## Task goal
If a line in the entries below contains "down", copy it.

## Material for this exercise
______________________________

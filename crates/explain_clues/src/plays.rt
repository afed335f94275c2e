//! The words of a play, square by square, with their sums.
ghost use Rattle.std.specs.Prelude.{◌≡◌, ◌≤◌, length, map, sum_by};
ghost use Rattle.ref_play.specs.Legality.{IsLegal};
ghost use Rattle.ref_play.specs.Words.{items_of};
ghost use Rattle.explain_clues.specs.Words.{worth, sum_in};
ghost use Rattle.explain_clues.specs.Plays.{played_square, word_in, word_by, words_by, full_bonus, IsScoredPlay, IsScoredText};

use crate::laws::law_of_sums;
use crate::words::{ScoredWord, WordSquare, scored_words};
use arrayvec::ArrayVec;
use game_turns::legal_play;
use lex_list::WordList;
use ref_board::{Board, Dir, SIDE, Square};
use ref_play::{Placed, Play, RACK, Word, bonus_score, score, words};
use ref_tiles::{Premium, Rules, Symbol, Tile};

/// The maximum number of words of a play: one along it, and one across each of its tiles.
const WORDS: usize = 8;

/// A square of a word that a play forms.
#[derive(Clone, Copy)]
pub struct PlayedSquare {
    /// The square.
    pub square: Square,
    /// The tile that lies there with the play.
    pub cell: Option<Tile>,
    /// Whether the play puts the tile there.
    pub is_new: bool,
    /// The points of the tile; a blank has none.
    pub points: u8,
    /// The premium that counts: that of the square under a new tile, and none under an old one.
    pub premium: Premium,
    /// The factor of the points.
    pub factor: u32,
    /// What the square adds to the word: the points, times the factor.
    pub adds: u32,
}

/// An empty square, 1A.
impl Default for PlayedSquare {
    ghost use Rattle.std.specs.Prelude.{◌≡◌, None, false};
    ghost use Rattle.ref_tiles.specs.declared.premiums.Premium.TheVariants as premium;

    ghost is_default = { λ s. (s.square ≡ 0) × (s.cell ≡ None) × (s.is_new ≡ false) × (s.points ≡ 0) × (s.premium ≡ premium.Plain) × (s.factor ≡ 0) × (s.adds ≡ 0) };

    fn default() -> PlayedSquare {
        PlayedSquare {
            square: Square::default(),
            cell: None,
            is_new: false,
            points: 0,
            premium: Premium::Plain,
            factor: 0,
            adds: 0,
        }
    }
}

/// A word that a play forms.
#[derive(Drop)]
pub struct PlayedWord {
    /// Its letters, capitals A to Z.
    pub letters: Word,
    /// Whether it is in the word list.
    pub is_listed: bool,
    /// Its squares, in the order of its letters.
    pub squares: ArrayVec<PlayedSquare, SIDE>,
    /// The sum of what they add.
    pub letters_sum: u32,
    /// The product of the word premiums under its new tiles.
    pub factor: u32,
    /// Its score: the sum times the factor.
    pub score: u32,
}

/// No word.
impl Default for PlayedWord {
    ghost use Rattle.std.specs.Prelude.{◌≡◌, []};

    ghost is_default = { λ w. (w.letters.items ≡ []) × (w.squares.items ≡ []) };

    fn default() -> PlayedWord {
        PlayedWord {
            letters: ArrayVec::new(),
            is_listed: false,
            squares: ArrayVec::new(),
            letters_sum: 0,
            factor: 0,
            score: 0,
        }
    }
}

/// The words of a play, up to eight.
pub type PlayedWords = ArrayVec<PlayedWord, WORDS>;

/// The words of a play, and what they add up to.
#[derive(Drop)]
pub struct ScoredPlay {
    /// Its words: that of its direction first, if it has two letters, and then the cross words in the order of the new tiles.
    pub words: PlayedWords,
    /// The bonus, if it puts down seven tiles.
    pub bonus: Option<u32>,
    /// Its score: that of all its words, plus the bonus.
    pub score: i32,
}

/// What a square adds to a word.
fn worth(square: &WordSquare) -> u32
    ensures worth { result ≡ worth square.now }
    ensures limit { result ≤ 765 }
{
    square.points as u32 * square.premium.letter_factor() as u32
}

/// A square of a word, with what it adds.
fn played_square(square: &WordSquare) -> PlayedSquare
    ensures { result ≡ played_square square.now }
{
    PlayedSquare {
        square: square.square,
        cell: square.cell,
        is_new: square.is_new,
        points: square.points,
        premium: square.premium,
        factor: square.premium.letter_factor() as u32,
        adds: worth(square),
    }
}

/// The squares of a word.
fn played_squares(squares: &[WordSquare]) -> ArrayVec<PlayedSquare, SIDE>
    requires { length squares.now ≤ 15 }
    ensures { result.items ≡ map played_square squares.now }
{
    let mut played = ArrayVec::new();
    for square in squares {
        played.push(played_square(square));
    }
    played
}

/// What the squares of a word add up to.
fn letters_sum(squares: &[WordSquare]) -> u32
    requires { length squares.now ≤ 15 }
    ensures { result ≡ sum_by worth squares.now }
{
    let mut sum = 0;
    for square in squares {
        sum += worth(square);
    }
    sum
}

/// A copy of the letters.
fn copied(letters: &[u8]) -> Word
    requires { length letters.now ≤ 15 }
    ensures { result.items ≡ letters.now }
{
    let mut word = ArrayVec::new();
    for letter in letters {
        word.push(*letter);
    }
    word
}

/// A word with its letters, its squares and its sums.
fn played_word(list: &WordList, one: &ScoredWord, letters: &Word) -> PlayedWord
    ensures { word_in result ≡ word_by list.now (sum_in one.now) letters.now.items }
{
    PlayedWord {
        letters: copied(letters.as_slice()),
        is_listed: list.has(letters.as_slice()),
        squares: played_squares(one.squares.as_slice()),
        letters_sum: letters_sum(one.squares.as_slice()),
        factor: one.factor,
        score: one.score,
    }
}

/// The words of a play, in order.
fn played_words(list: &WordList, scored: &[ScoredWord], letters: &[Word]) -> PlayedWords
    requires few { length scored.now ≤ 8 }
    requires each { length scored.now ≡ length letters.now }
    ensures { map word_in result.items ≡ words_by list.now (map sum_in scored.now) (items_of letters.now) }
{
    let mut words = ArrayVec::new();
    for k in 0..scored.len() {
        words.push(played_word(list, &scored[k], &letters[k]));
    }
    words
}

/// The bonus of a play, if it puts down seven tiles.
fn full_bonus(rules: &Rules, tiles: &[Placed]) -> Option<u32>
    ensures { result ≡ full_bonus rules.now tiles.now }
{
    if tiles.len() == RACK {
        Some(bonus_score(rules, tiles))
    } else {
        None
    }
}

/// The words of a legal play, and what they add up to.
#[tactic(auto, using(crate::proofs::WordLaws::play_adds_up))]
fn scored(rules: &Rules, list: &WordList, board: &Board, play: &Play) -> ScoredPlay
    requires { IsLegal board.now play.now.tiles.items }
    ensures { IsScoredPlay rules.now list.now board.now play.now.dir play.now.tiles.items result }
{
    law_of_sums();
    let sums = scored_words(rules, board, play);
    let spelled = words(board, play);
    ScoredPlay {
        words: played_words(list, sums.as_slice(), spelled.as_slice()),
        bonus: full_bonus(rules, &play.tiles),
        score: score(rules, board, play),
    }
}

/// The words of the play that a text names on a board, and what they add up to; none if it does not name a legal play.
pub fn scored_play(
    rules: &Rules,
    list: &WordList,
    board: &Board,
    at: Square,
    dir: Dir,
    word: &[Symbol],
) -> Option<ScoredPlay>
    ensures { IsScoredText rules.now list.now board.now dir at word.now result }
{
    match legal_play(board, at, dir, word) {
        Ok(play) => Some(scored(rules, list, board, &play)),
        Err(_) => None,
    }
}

______________________________

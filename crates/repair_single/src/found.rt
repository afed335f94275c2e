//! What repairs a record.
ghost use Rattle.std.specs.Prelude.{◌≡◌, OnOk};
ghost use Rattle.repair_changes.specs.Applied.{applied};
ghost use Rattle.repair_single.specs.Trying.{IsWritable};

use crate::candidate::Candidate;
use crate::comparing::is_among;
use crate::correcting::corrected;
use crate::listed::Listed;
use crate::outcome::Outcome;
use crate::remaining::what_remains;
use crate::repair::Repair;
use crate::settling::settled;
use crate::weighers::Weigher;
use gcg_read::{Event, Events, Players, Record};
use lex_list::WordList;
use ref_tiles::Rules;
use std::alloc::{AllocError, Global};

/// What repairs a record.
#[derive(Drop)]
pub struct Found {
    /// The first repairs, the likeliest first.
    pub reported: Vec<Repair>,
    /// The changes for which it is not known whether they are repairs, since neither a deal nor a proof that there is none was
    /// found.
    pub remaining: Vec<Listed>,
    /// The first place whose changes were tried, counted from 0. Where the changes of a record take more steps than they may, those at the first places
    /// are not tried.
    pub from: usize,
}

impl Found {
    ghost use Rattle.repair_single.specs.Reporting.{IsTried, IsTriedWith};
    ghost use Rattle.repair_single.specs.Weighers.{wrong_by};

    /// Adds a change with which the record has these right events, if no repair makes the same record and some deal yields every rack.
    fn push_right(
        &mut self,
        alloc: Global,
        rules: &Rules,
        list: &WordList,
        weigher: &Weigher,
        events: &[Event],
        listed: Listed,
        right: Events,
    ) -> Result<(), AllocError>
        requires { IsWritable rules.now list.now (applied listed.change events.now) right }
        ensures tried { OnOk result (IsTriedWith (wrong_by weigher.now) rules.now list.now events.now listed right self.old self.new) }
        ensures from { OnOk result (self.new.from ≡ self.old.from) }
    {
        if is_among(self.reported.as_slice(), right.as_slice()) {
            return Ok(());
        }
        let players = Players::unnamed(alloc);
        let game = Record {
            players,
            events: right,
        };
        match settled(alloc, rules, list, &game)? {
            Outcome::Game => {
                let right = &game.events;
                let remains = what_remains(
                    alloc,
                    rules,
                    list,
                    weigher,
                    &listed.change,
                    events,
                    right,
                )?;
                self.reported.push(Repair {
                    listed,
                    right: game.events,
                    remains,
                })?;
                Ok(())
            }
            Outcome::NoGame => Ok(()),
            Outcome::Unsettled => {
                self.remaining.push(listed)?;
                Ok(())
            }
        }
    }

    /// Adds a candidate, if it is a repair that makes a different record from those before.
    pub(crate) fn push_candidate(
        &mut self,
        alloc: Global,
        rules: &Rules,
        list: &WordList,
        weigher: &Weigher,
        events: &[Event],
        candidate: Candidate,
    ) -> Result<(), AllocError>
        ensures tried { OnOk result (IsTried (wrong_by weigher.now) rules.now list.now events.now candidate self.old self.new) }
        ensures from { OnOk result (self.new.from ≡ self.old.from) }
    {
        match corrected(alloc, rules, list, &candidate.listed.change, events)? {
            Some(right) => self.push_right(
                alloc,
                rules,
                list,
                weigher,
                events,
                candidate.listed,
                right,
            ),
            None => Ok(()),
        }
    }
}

______________________________

## Solution for this exercise
    /// The bonus, if it puts down seven tiles.
/// The bonus of a play, if it puts down seven tiles.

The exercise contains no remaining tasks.